A Conferência de Estocolmo, em 1972, foi o primeiro grande evento da ONU com a República Popular da China. Desde então, moldou a compreensão do país sobre as questões ambientais. 

A China sediou uma grande conferência ambiental da ONU (de forma online), após um atraso de mais de um ano devido ao Covid-19. A 15ª  Conferência das Partes da Convenção das Nações Unidas sobre Diversidade Biológica (COP15), realizada  em Kunming de 11 a 15 de outubro e ela contará com uma segunda fase de 25 de abril a 8 de maio de 2022. Mas como a COP15 tem a missão de chegar a um acordo global sobre proteção da biodiversidade para a próxima década, a presidência da China carrega um peso particular, à medida que os países buscam uma liderança eficaz para avançar as negociações. 

Apenas 50 anos atrás, em outubro de 1971, a China era uma “cara nova” nas Nações Unidas, estando sentada como membro permanente por uma votação na Assembleia Geral. Desde então, o país tornou-se um stakeholder indispensável na governança ambiental global. Sua participação em processos internacionais também influenciou o pensamento da China sobre sua própria proteção ambiental. 
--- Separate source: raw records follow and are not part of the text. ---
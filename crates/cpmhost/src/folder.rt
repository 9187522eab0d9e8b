//! The files in a folder of the machine.

use std::alloc::Global;
use std::io::ErrorKind;
use std::path::Path;
use std::rt::Files;
use std::{fs, io};

/// What stands for a name that no text can be.
const NO_TEXT: &str = "\u{FFFD}";

/// Whether a path is of a file, its links followed. What can't be looked at is taken for one, so that it is refused where it is read.
fn is_file(rt: &impl Files, path: Path<'_>) -> bool {
    match fs::metadata(rt, path) {
        Ok(found) => found.is_file(),
        Err(_) => true,
    }
}

/// The names of the files in a folder, in their order. A link is followed. Other folders in it aren't among them, nor pipes and devices, nor what is hidden:
/// a name that begins with a dot.
pub fn names_in<R: Files + AllocGlobal + Clone + Drop>(
    rt: &R,
    alloc: Global,
    folder: &str,
) -> io::Result<Vec<String>> {
    let mut names = Vec::new(alloc);
    for found in fs::read_dir(rt, folder)? {
        match found {
            Ok(entry) => {
                let name = entry.file_name();
                if !name.starts_with('.') && is_file(rt, entry.path()) {
                    names.push(String::from_str(alloc, name)?)?;
                }
            }
            Err(error) if error.kind() == ErrorKind::InvalidFilename => {
                names.push(String::from_str(alloc, NO_TEXT)?)?;
            }
            Err(error) => return Err(error),
        }
    }
    names.sort_unstable();
    Ok(names)
}
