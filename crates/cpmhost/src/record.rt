//! Where keys are recorded that are typed: in a file beside that of the record, which takes its name when typing has ended. So a record is whole or as it was.

ghost use Rattle.std.specs.Prelude.{⊤};

use crate::held::LockableFiles;
use crate::output::{OutputFile, Outputs};
use crate::patient::PatientError;
use crate::refused::{CommandRefusal, PathLine, RefusalDetail};
use cpm_commands::KeyRecord;
use cpm_host::HostError;
use std::cell::Cell;
use std::io;
use std::io::Write;

/// Where typed keys are recorded: in a file, or nowhere.
#[derive(Drop)]
pub struct Record<'a, R: LockableFiles> {
    rt: &'a R,
    outputs: Outputs,
    name: Option<&'a str>,
    /// What is written beside the file of the name, from the first key on.
    begun: Option<OutputFile<'a, R>>,
    /// How many keys it got.
    keys: &'a Cell<usize>,
    /// Where the keys are if they can't have their name.
    left: RefusalDetail,
}

impl<'a, R: LockableFiles> Record<'a, R> {
    /// The record in the file of a name, which stays as it is until the record has ended; or none. Its keys are counted.
    pub fn new(
        rt: &'a R,
        outputs: Outputs,
        name: Option<&'a str>,
        keys: &'a Cell<usize>,
    ) -> Record<'a, R> {
        Record {
            rt,
            outputs,
            name,
            begun: None,
            keys,
            left: RefusalDetail::Nothing,
        }
    }

    /// What is written beside the file, which is begun where it isn't yet.
    fn take_begun(&mut self, name: &str) -> io::Result<OutputFile<'a, R>> {
        match self.begun.take() {
            Some(begun) => Ok(begun),
            None => self.outputs.begin(self.rt, name),
        }
    }

    /// What a command is refused for that ended so. Keys that were not to be found under their name by then are left beside, which is said.
    pub fn finish<T: Drop>(self, ended: Result<T, CommandRefusal>) -> Result<T, CommandRefusal> {
        let Record {
            rt,
            begun,
            keys,
            left,
            ..
        } = self;
        let Err(refused) = ended else {
            return ended;
        };
        if let Some(begun) = begun
            && let RefusalDetail::Kept(path) = leave(rt, begun, keys.get() > 0)
        {
            let path = PathLine(path.as_path().as_str());
            let _ = eprintln!(PatientError::new(rt); "cpmhost: the keys so far are in '{path}'");
        }
        match (refused.error, left) {
            (error @ HostError::RecordUnwritable(_), behind @ RefusalDetail::Kept(_)) => {
                Err(CommandRefusal { error, behind })
            }
            _ => Err(refused),
        }
    }
}

impl<R: LockableFiles> KeyRecord for Record<'_, R> {
    // What becomes of the file of a record is the machine's.
    ghost ends = { λ _ _ _. ⊤ };

    /// It takes its name. A record without a key replaces none.
    fn end(&mut self) -> Result<(), HostError> {
        let Some(name) = self.name else {
            return Ok(());
        };
        let has_keys = self.keys.get() > 0;
        let begun = self.take_begun(name).map_err(HostError::RecordUnwritable)?;
        if !has_keys && begun.is_to_replace() {
            let _ = eprintln!(PatientError::new(self.rt);
                "cpmhost: no key came, so the record is as it was"
            );
            let _ = begun.remove();
            return Ok(());
        }
        match begun.take_name() {
            Ok(()) => Ok(()),
            Err(reason) => {
                self.left = leave(self.rt, begun, has_keys);
                Err(HostError::RecordUnwritable(reason))
            }
        }
    }
}

/// Leaves the file of a record beside where it has keys, under a name that a person can see, and takes it away where it has none.
fn leave<R: LockableFiles>(rt: &R, begun: OutputFile<'_, R>, has_keys: bool) -> RefusalDetail {
    let Some(beside) = begun.close() else {
        return RefusalDetail::Nothing;
    };
    if !has_keys {
        let _ = beside.remove(rt);
        return RefusalDetail::Nothing;
    }
    match beside.keep(rt) {
        Some(path) => RefusalDetail::Kept(path),
        None => RefusalDetail::Nothing,
    }
}

impl<R: LockableFiles> Record<'_, R> {
    /// Writes some of the bytes, and says how many.
    fn write_some(&mut self, buf: &[u8]) -> io::Result<usize> {
        let Some(name) = self.name else {
            return Ok(buf.len());
        };
        let mut begun = self.take_begun(name)?;
        let written = begun.write(buf);
        self.begun = Some(begun);
        written
    }
}

impl<R: LockableFiles> Write for Record<'_, R> {
    fn write(&mut self, buf: &[u8]) -> io::Result<usize> {
        let written = self.write_some(buf)?;
        let written = written.min(buf.len());
        // (each key is a line)
        let lines = buf[..written].iter().filter(|byte| **byte == b'\n').count();
        self.keys.set(self.keys.get().saturating_add(lines));
        Ok(written)
    }

    fn flush(&mut self) -> io::Result<()> {
        Ok(())
    }
}
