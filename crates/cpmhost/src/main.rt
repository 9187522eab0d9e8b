//! The program: it reads its words, does what they ask for, and ends with the status of a refusal.
#![tactic(auto)]

ghost use Rattle.std.specs.Prelude.{IfErr};
ghost use Rattle.cpm_host.specs.Refusals.{IsWordRefusal};

mod batch;
mod beside;
mod bounds;
mod files;
mod folder;
mod held;
mod journal;
mod journal_folder;
mod kept;
mod marks;
mod output;
mod paced;
mod patient;
mod place;
mod plan;
mod progress;
mod record;
mod refused;
mod repeated;
mod screen;
mod service_folder;
mod stream;
mod task;
mod tempo;
mod terminal;
mod typing;
mod wanted;

use cpm_commands::{do_line, outcome_status};
use cpm_host::HostError;
use held::LockableFiles;
use output::Outputs;
use patient::{PatientError, PatientOutput};
use std::env::Env;
use std::fs::{File, OpenOptions};
use std::io::{ErrorKind, IsTerminal};
use std::os::fd::AsRawFd;
use std::os::unix::fs::FileTypeExt;
use std::process::{self, ExitCode};
use std::{env, fs, io};
use task::MachineTasks;
use typing::Terminals;

/// How many standard streams there are: their numbers are those below.
const STANDARD_STREAMS: i32 = 3;

/// The words of the command line, of which the first is the program's own name.
fn arguments(rt: &(impl Env + AllocGlobal)) -> Result<Vec<String>, HostError>
    ensures { IfErr result IsWordRefusal }
{
    match env::args(rt) {
        Ok(words) => Ok(words.collect(rt.alloc())?),
        Err(error) if error.kind() == ErrorKind::OutOfMemory => Err(HostError::OutOfMemory),
        Err(_) => Err(HostError::NotText),
    }
}

/// The device that takes all and has nothing.
fn null_device(rt: &impl LockableFiles) -> io::Result<File> {
    let file = OpenOptions::new()
        .read(true)
        .write(true)
        .open(rt, "/dev/null")?;
    if file.metadata()?.file_type().is_char_device() {
        Ok(file)
    } else {
        Err(io::Error::from(ErrorKind::InvalidInput))
    }
}

/// A file that has the place of a standard stream that is closed, so that no file that is opened later has it. Where the machine has no such device, it is
/// the root folder, to which nothing can be written.
fn stand_in(rt: &impl LockableFiles) -> Option<File> {
    let found = match null_device(rt) {
        Ok(file) => Ok(file),
        Err(_) => fs::open(rt, "/"),
    };
    match found {
        Ok(file) if file.as_raw_fd() < STANDARD_STREAMS => Some(file),
        _ => None,
    }
}

fn main(rt: HostRuntime) -> ExitCode {
    let _stand_ins = (stand_in(&rt), stand_in(&rt), stand_in(&rt));
    let terminals = Terminals {
        is_output_terminal: rt.stdout().is_terminal(),
        is_error_terminal: rt.stderr().is_terminal(),
        end: None,
    };
    let outputs = Outputs::draw(&rt, process::id(rt.process()));
    let mut tasks = MachineTasks::new(&rt, outputs, terminals);
    let done = match arguments(&rt) {
        Ok(words) => do_line(rt.alloc(), &words, &mut tasks, &mut PatientOutput::new(&rt)),
        Err(error) => Err(error),
    };
    let status = outcome_status(&done);
    if let Err(error) = done {
        let refused = tasks.refusal(error);
        let _ = eprintln!(PatientError::new(&rt); "cpmhost: {refused}");
    }
    ExitCode::from(status)
}
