//! Keys that are typed on standard input: at which terminals, and what is told of them.

use crate::patient::{PatientError, StandardError};

/// Which of the program's own streams are terminals.
#[derive(Clone, Copy, Debug, Drop)]
pub struct Terminals<'a> {
    /// Standard output.
    pub is_output_terminal: bool,
    /// Standard error.
    pub is_error_terminal: bool,
    /// The file whose coming ends typing, where standard input is a terminal that gives each key as it is typed.
    pub end: Option<&'a str>,
}

impl Terminals<'_> {
    /// Whether standard output gets control bytes as text.
    pub fn shows_controls(&self, is_raw: bool) -> bool {
        self.is_output_terminal && !is_raw
    }

    /// Whether standard output and standard error are on a screen, and so on the same as far as a person sees.
    pub fn are_one(&self) -> bool {
        self.is_output_terminal && self.is_error_terminal
    }
}

/// Says how typing ends: at a terminal that gives each key, or elsewhere.
pub fn tell_quit(rt: &impl StandardError, is_each_key: bool) {
    let told = if is_each_key {
        "^] ends it, ^\\ too; ^^ ^] types it"
    } else {
        "keys come from standard input; ^] ends"
    };
    let _ = eprintln!(PatientError::new(rt); "cpmhost: {told}");
}
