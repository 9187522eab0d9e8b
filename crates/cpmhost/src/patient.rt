//! The standard streams as they are where another program has left them so that they don't wait: what can't be written or read just now is tried again.

ghost use Rattle.std.specs.Prelude.{◌≤◌, IfOk, length};
ghost use Rattle.std.specs.Io.{ReadsAtMost};

use arrayvec::ArrayString;
use std::fmt::Write as _;
use std::io::{ErrorKind, IsTerminal, Read, Write};
use std::rt::Clock;
use std::time::Duration;
use std::{fmt, io, thread};

/// After how many milliseconds it is tried again.
const STREAM_PAUSE: u64 = 10;

/// Whether a call failed that would have had to wait.
fn is_to_wait<T>(answer: &io::Result<T>) -> bool {
    match answer {
        Ok(_) => false,
        Err(error) => error.kind() == ErrorKind::WouldBlock,
    }
}

/// Waits a little.
fn pause(clock: &impl Clock) {
    thread::sleep(clock, Duration::from_millis(STREAM_PAUSE));
}

/// Standard output, which is waited for.
#[derive(Drop)]
pub struct PatientOutput<'a, R: Print + Clock> {
    rt: &'a R,
}

impl<'a, R: Print + Clock> PatientOutput<'a, R> {
    /// The standard output of the machine.
    pub fn new(rt: &'a R) -> PatientOutput<'a, R> {
        PatientOutput { rt }
    }
}

impl<R: Print + Clock> Write for PatientOutput<'_, R> {
    fn write(&mut self, buf: &[u8]) -> io::Result<usize> {
        for _turn in 0..u64::MAX {
            let answer = self.rt.write_some(buf);
            if !is_to_wait(&answer) {
                return answer;
            }
            pause(self.rt);
        }
        Err(io::Error::from(ErrorKind::WouldBlock))
    }

    fn flush(&mut self) -> io::Result<()> {
        Ok(())
    }
}

/// A machine that has a standard error.
pub trait StandardError: Clock {
    /// Writes some of the bytes to it, and says how many. It fails where it has written none.
    fn write_error(&self, bytes: &[u8]) -> io::Result<usize>
        ensures bound { IfOk result (λ n. n ≤ length bytes.now) };
}

impl StandardError for HostRuntime {
    fn write_error(&self, bytes: &[u8]) -> io::Result<usize> {
        self.stderr().write_some(bytes)
    }
}

/// A machine that has a standard input.
pub trait StandardInput: Clock {
    /// Reads some bytes from it, and says how many: 0 at its end. (No lock is taken, whose buffer would be on the stack.)
    fn read_input(&self, buf: &mut [u8]) -> io::Result<usize>
        ensures bound { ReadsAtMost result buf.new };

    /// Whether that is a terminal.
    fn is_input_terminal(&self) -> bool;
}

impl StandardInput for HostRuntime {
    fn read_input(&self, buf: &mut [u8]) -> io::Result<usize> {
        self.stdin().read(buf)
    }

    fn is_input_terminal(&self) -> bool {
        self.stdin().is_terminal()
    }
}

/// Standard error, which is waited for.
#[derive(Drop)]
pub struct PatientError<'a, R: StandardError> {
    rt: &'a R,
}

impl<'a, R: StandardError> PatientError<'a, R> {
    /// The standard error of the machine.
    pub fn new(rt: &'a R) -> PatientError<'a, R> {
        PatientError { rt }
    }
}

impl<R: StandardError> Write for PatientError<'_, R> {
    fn write(&mut self, buf: &[u8]) -> io::Result<usize> {
        for _turn in 0..u64::MAX {
            let answer = self.rt.write_error(buf);
            if !is_to_wait(&answer) {
                return answer;
            }
            pause(self.rt);
        }
        Err(io::Error::from(ErrorKind::WouldBlock))
    }

    fn flush(&mut self) -> io::Result<()> {
        Ok(())
    }
}

impl<R: StandardError> Eprint for PatientError<'_, R> {
    fn eprint<D: fmt::Display + Drop>(&self, value: D) -> io::Result<()> {
        let mut message = ErrorMessage::new(self.rt);
        let written = write!(message, "{value}");
        message.end(written)
    }

    fn eprintln<D: fmt::Display + Drop>(&self, value: D) -> io::Result<()> {
        let mut message = ErrorMessage::new(self.rt);
        let written = writeln!(message, "{value}");
        message.end(written)
    }
}

/// How many bytes of a text are kept until they go to standard error at once, so that lines of other programs come between those of this one.
const MOST_KEPT: usize = 1024;

/// A text for standard error, which goes there at once as far as there is room to keep it. No memory is taken for it.
#[derive(Drop)]
struct ErrorMessage<'a, R: StandardError> {
    error: PatientError<'a, R>,
    kept: ArrayString<MOST_KEPT>,
}

impl<'a, R: StandardError> ErrorMessage<'a, R> {
    /// None of a text.
    fn new(rt: &'a R) -> ErrorMessage<'a, R> {
        ErrorMessage {
            error: PatientError::new(rt),
            kept: ArrayString::new(),
        }
    }

    /// Writes what is kept.
    fn send(&mut self) -> io::Result<()> {
        self.error.write_all(self.kept.as_str().as_bytes())?;
        self.kept.clear();
        Ok(())
    }

    /// Writes what is left of a text that came so.
    fn end(&mut self, written: fmt::Result) -> io::Result<()> {
        match written {
            Ok(()) => self.send(),
            Err(_) => Err(io::Error::from(ErrorKind::Other)),
        }
    }
}

impl<R: StandardError> fmt::Write for ErrorMessage<'_, R> {
    fn write_str(&mut self, text: &str) -> fmt::Result {
        if self.kept.try_push_str(text).is_ok() {
            return Ok(());
        }
        let sent = match self.send() {
            Ok(()) => self.error.write_all(text.as_bytes()),
            Err(error) => Err(error),
        };
        sent.map_err(|_| fmt::Error)
    }
}

/// Standard input, which is waited for.
#[derive(Drop)]
pub struct PatientInput<'a, R: StandardInput> {
    rt: &'a R,
}

impl<'a, R: StandardInput> PatientInput<'a, R> {
    /// The standard input of the machine.
    pub fn new(rt: &'a R) -> PatientInput<'a, R> {
        PatientInput { rt }
    }
}

impl<R: StandardInput> Read for PatientInput<'_, R> {
    fn read(&mut self, buf: &mut [u8]) -> io::Result<usize> {
        for _turn in 0..u64::MAX {
            let answer = self.rt.read_input(buf);
            if !is_to_wait(&answer) {
                return answer;
            }
            pause(self.rt);
        }
        Err(io::Error::from(ErrorKind::WouldBlock))
    }
}
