// A run of questions to one source.
ghost use Rattle.std.specs.Prelude.{◌≡◌, ◌++◌, map, IfOk, OnOk};
ghost use Rattle.calendar.specs.declared.stamp.Stamp.{Stamp};

use calendar::Stamp;
use std::alloc::{AllocError, Global};
use tariffs::{PriceSource, SourceFault};

// Asks one question after the other. That what the source means stays is a fact of before and after, which no type can hold. However many come before it, each is answered by what the source meant at the start.
pub fn ask_each<P: PriceSource>(
    heap: Global,
    source: &mut P,
    questions: &[Stamp],
) -> Result<Vec<Result<u32, SourceFault>>, AllocError>
    ensures law { IfOk result (λ answers. answers.items ≡ map (P.PriceSource.means source.old) questions.now) }
    ensures kept { (s : Stamp) → P.PriceSource.means source.new s ≡ P.PriceSource.means source.old s }
{
    let mut answers = Vec::new(heap);
    append(source, questions, &mut answers)?;
    Ok(answers)
}

// The answers of the questions, behind those that are there.
fn append<P: PriceSource>(
    source: &mut P,
    questions: &[Stamp],
    answers: &mut Vec<Result<u32, SourceFault>>,
) -> Result<(), AllocError>
    ensures law { OnOk result (answers.new.items ≡ answers.old.items ++ map (P.PriceSource.means source.old) questions.now) }
    ensures kept { (s : Stamp) → P.PriceSource.means source.new s ≡ P.PriceSource.means source.old s }
{
    for at in questions {
        answers.push(source.price(*at))?;
    }
    Ok(())
}
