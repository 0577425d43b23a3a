// A question and what was answered.
use calendar::Stamp;
use tariffs::SourceFault;

#[derive(Clone, Copy)]
pub(crate) struct Remembered {
    pub(crate) at: Stamp,
    pub(crate) answer: Result<u32, SourceFault>,
}
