// A source that answers the same at every hour.
ghost use Rattle.std.specs.Prelude.{◌≡◌, true};
ghost use Rattle.outside.specs.Sound.{is_sound};

use calendar::Stamp;
use tariffs::{PriceSource, SourceFault};

#[derive(Clone, Copy, Debug, PartialEq, Eq)]
pub struct Constant {
    answer: Result<u32, SourceFault>,
    ghost sound: { is_sound answer ≡ true },
}

impl Constant {
    ghost use Rattle.std.specs.Prelude.{◌≡◌, false, MatchOption};
    ghost use Rattle.outside.specs.Sound.{is_sound};

    // A price or a fault; none where the price is above 150,000,000 points, the cause 0 or the depth above 15.
    pub fn new(answer: Result<u32, SourceFault>) -> Option<Constant>
        ensures answer { MatchOption result (is_sound answer ≡ false) (λ c. c.answer ≡ answer) }
    {
        let sound = match answer {
            Ok(points) => points <= 150_000_000,
            Err(fault) => fault.cause != 0 && fault.depth <= 15,
        };
        if !sound {
            return None;
        }
        Some(Constant { answer })
    }
}

impl PriceSource for Constant {
    ghost use Rattle.outside.specs.Constant.{constant_means};

    ghost means = { constant_means };

    fn price(&mut self, _at: Stamp) -> Result<u32, SourceFault> {
        self.answer
    }
}
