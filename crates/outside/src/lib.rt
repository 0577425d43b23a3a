// Makes of price source from outside the library: what a new make looks like, and what it has to show.
#![tactic(auto)]

mod cached;
mod constant;
mod questions;
mod recorder;
mod remembered;
mod run;

pub use cached::Cached;
pub use constant::Constant;
pub use questions::Questions;
pub use recorder::Recorder;
pub use run::ask_each;

#[cfg(test)]
mod tests;
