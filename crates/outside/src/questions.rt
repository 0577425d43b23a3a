// The questions that a source was asked, in their order.
ghost use Rattle.std.specs.Prelude.{◌≡◌, [], Ok, MatchResult};
ghost use Rattle.outside.specs.Questions.{Noted};

use calendar::Stamp;
use std::alloc::{AllocError, Global};

#[derive(Drop)]
pub struct Questions {
    stamps: Vec<Stamp>,
    // an error where there was no memory for one: none is noted since. Beside the stamps, which stay where one is lost
    noted: Result<(), AllocError>,
}

impl Questions {
    // None yet.
    pub fn none(heap: Global) -> Questions
        ensures answer { (result.stamps.items ≡ []) × (result.noted ≡ Ok tt) }
    {
        Questions {
            stamps: Vec::new(heap),
            noted: Ok(()),
        }
    }

    // One question more.
    pub fn note(&mut self, at: Stamp)
        ensures answer { Noted self.old at self.new }
    {
        if self.noted.is_ok() {
            self.noted = self.stamps.push(at).map_err(AllocError::from);
        }
    }

    // All of them, in the order of asking; the error where one was lost.
    pub fn all(&self) -> Result<&[Stamp], AllocError>
        ensures answer { MatchResult result (λ all. (self.now.noted ≡ Ok tt) × (all.now ≡ self.now.stamps.items)) (λ e. self.now.noted ≡ Err e) }
    {
        self.noted?;
        Ok(self.stamps.as_slice())
    }
}
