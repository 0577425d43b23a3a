// A source that writes down what it is asked.
ghost use Rattle.std.specs.Prelude.{◌≡◌};
ghost use Rattle.calendar.specs.declared.stamp.Stamp.{Stamp};
ghost use Rattle.tariffs.specs.Source.{Sound};
ghost use Rattle.outside.specs.Questions.{Noted};

use crate::questions::Questions;
use calendar::Stamp;
use tariffs::{PriceSource, SourceFault};

#[derive(Drop)]
pub struct Recorder<P> {
    pub source: P,
    pub questions: Questions,
}

impl<P: PriceSource> PriceSource for Recorder<P> {
    ghost means = { λ r. P.PriceSource.means r.source };

    // The trait's clauses, and one more: a method with a clause of its own repeats the others.
    fn price(&mut self, at: Stamp) -> Result<u32, SourceFault>
        ensures answer { result ≡ P.PriceSource.means self.old.source at }
        ensures sound { Sound result }
        ensures kept { (s : Stamp) → P.PriceSource.means self.new.source s ≡ P.PriceSource.means self.old.source s }
        ensures noted { Noted self.old.questions at self.new.questions }
    {
        self.questions.note(at);
        self.source.price(at)
    }
}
A Conferência das Nações Unidas sobre o Meio Ambiente Humano de 1972, realizada em Estocolmo de 5 a 16 de junho, foi o primeiro grande evento ambiental da ONU do qual a China participou como membro permanente. Foi também o ponto de partida para a China olhar criticamente para as questões ambientais globais. A conferência, que aconteceu em um momento de tensões crescentes da Guerra Fria, apresentou pela primeira vez aos líderes da China os desafios do meio ambiente e do desenvolvimento, do meio ambiente e da ideologia, do meio ambiente e das gerações futuras. Isso os estimulou a olhar para os problemas ambientais emergentes da China quando o país ainda estava atolado no caos da Revolução Cultural. A semente dos esforços ambientais pós-Revolução Cultural foi plantada de vez em quando. 

Dr. Li Lailai

À medida que o 50º aniversário da Conferência de Estocolmo se aproxima, o China Dialogue entrevistou o Dr. Li Lailai, ex-vice-diretor e diretor do Centro Asiático do Instituto do Meio Ambiente de Estocolmo e ex-diretor do escritório do World Resources Institute na China. Como parte de sua pesquisa para um projeto de livro, o Dr. Li passou por materiais de arquivo da conferência e entrevistou seus participantes tanto na China quanto na Suécia. Entre seus entrevistados estava Qu Geping, membro da delegação chinesa de 1972 e “pai da proteção ambiental na China. ” O Dr. Li compartilhou conosco o contexto histórico único da conferência, o papel da China nela e seu impacto na trajetória ambiental da China. 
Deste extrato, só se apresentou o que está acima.